Copy out, exactly, the first line of the entries below and every line after it through the one containing "#[tactic(auto, unfolding(crate::specs::Refusals::figure_of))]".

• _Extracted records_
□ □ □ □ □
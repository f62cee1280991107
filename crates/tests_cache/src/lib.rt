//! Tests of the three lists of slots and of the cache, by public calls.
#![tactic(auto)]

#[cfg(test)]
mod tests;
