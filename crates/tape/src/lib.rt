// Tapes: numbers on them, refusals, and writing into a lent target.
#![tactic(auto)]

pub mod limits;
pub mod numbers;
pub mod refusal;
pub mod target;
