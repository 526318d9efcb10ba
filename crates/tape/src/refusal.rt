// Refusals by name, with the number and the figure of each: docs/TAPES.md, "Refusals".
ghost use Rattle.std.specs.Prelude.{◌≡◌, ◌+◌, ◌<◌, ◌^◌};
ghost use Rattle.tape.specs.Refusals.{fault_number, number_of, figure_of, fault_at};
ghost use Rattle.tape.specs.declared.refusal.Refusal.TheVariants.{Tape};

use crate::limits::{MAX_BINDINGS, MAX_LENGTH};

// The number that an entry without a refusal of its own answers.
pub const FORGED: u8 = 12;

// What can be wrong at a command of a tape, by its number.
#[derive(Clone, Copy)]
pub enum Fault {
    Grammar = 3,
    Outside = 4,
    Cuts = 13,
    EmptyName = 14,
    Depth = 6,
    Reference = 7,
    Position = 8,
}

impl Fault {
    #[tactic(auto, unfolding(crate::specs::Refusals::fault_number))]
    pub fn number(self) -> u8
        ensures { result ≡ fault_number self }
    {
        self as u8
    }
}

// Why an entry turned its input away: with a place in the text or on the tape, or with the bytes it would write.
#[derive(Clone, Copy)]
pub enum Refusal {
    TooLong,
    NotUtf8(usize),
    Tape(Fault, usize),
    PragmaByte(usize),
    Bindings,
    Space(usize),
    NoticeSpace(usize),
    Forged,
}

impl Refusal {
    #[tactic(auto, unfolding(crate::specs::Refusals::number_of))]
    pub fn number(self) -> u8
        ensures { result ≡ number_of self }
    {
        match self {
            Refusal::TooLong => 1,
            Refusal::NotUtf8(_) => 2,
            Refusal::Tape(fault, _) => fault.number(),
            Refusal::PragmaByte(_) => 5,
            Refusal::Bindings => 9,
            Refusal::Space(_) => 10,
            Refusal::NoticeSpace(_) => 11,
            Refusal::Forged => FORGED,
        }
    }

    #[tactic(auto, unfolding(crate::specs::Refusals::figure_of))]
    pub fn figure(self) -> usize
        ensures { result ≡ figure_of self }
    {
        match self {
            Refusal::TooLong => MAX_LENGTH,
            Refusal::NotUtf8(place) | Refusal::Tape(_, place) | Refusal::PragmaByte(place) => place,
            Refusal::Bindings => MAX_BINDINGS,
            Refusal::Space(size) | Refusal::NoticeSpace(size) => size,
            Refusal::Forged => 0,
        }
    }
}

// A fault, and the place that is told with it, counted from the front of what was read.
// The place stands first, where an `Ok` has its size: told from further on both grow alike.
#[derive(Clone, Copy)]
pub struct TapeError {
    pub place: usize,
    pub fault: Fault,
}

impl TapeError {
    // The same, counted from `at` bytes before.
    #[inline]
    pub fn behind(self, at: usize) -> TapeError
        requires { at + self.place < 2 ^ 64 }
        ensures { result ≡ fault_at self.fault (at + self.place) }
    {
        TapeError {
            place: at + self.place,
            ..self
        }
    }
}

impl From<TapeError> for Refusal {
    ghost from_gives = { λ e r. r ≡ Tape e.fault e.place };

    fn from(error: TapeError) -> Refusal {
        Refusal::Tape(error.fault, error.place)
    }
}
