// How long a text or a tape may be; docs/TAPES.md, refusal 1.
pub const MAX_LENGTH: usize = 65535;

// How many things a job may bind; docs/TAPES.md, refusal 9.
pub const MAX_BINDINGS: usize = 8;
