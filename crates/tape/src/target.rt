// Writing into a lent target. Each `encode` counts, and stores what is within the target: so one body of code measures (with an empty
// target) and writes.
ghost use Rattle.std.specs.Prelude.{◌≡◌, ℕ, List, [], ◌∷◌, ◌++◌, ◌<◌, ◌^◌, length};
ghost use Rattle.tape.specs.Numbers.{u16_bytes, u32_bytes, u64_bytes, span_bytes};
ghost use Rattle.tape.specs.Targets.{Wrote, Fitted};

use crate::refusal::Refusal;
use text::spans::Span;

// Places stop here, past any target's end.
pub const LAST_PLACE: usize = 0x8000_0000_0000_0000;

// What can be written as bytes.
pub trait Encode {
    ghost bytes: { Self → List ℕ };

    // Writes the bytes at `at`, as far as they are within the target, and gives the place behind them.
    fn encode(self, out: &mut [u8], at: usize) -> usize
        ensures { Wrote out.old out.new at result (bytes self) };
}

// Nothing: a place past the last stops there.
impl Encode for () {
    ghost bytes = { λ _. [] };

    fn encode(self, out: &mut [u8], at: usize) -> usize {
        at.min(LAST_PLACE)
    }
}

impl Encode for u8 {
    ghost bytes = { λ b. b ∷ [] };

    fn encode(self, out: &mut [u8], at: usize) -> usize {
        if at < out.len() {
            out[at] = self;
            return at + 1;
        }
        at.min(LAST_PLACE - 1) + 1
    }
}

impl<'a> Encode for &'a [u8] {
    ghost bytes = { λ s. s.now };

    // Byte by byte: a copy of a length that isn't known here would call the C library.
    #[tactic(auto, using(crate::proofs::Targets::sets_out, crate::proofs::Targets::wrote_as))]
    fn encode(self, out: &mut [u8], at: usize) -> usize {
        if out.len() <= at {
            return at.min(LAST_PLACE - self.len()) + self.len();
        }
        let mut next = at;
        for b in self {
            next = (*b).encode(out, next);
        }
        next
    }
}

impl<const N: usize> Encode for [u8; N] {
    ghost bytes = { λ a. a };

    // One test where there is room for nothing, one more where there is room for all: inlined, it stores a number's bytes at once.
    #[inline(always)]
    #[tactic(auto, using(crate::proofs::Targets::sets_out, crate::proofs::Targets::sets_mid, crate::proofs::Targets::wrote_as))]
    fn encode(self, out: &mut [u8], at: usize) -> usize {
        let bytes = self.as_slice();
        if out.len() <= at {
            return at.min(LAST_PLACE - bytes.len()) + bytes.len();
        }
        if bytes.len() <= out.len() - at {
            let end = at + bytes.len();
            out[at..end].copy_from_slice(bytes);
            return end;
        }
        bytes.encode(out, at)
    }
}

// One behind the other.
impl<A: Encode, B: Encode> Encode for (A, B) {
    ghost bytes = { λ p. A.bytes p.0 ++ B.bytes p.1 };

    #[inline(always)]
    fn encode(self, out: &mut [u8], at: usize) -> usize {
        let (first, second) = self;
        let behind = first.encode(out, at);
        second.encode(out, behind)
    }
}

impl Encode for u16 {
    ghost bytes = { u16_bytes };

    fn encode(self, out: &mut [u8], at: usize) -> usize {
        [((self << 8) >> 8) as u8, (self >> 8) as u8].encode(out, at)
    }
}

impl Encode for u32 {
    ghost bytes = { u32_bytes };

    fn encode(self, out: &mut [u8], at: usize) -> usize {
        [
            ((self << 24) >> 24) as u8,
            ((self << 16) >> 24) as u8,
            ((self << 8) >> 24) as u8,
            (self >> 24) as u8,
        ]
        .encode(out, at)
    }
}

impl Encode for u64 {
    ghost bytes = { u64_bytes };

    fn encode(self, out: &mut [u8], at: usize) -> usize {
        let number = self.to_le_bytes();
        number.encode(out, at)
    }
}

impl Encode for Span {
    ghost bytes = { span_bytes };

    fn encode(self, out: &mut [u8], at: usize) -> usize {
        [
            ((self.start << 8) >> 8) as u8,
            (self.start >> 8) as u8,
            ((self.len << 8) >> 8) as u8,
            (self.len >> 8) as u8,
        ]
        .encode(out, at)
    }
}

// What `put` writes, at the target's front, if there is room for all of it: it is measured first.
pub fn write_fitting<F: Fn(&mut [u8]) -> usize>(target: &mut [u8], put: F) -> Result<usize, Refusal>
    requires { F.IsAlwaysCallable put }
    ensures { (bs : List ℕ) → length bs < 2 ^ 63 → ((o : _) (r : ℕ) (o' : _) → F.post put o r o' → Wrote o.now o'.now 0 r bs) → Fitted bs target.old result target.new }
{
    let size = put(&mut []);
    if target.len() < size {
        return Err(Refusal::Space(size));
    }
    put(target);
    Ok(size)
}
□ □ □ □ □
• _Exercise result_
repository f62cee1280991107
filename crates/tests_cache/src/lib.rt
//! Tests of the three lists of slots and of the cache, by public calls.
#![tactic(auto)]

#[cfg(test)]
mod tests;
filename crates/tape/src/lib.rt
// Tapes: numbers on them, refusals, and writing into a lent target.
#![tactic(auto)]

pub mod limits;
pub mod numbers;
pub mod refusal;
pub mod target;
repository 526318d9efcb10ba
filename crates/tape/src/refusal.rt
// Refusals by name, with the number and the figure of each: docs/TAPES.md, "Refusals".
ghost use Rattle.std.specs.Prelude.{◌≡◌, ◌+◌, ◌<◌, ◌^◌};
ghost use Rattle.tape.specs.Refusals.{fault_number, number_of, figure_of, fault_at};
ghost use Rattle.tape.specs.declared.refusal.Refusal.TheVariants.{Tape};

use crate::limits::{MAX_BINDINGS, MAX_LENGTH};

// The number that an entry without a refusal of its own answers.
pub const FORGED: u8 = 12;

// What can be wrong at a command of a tape, by its number.
#[derive(Clone, Copy)]
pub enum Fault {
    Grammar = 3,
    Outside = 4,
    Cuts = 13,
    EmptyName = 14,
    Depth = 6,
    Reference = 7,
    Position = 8,
}

impl Fault {
    #[tactic(auto, unfolding(crate::specs::Refusals::fault_number))]
    pub fn number(self) -> u8
        ensures { result ≡ fault_number self }
    {
        self as u8
    }
}

// Why an entry turned its input away: with a place in the text or on the tape, or with the bytes it would write.
#[derive(Clone, Copy)]
pub enum Refusal {
    TooLong,
    NotUtf8(usize),
    Tape(Fault, usize),
    PragmaByte(usize),
    Bindings,
    Space(usize),
    NoticeSpace(usize),
    Forged,
}

impl Refusal {
    #[tactic(auto, unfolding(crate::specs::Refusals::number_of))]
    pub fn number(self) -> u8
        ensures { result ≡ number_of self }
    {
        match self {
            Refusal::TooLong => 1,
            Refusal::NotUtf8(_) => 2,
            Refusal::Tape(fault, _) => fault.number(),
            Refusal::PragmaByte(_) => 5,
            Refusal::Bindings => 9,
            Refusal::Space(_) => 10,
            Refusal::NoticeSpace(_) => 11,
            Refusal::Forged => FORGED,
        }
    }

    #[tactic(auto, unfolding(crate::specs::Refusals::figure_of))]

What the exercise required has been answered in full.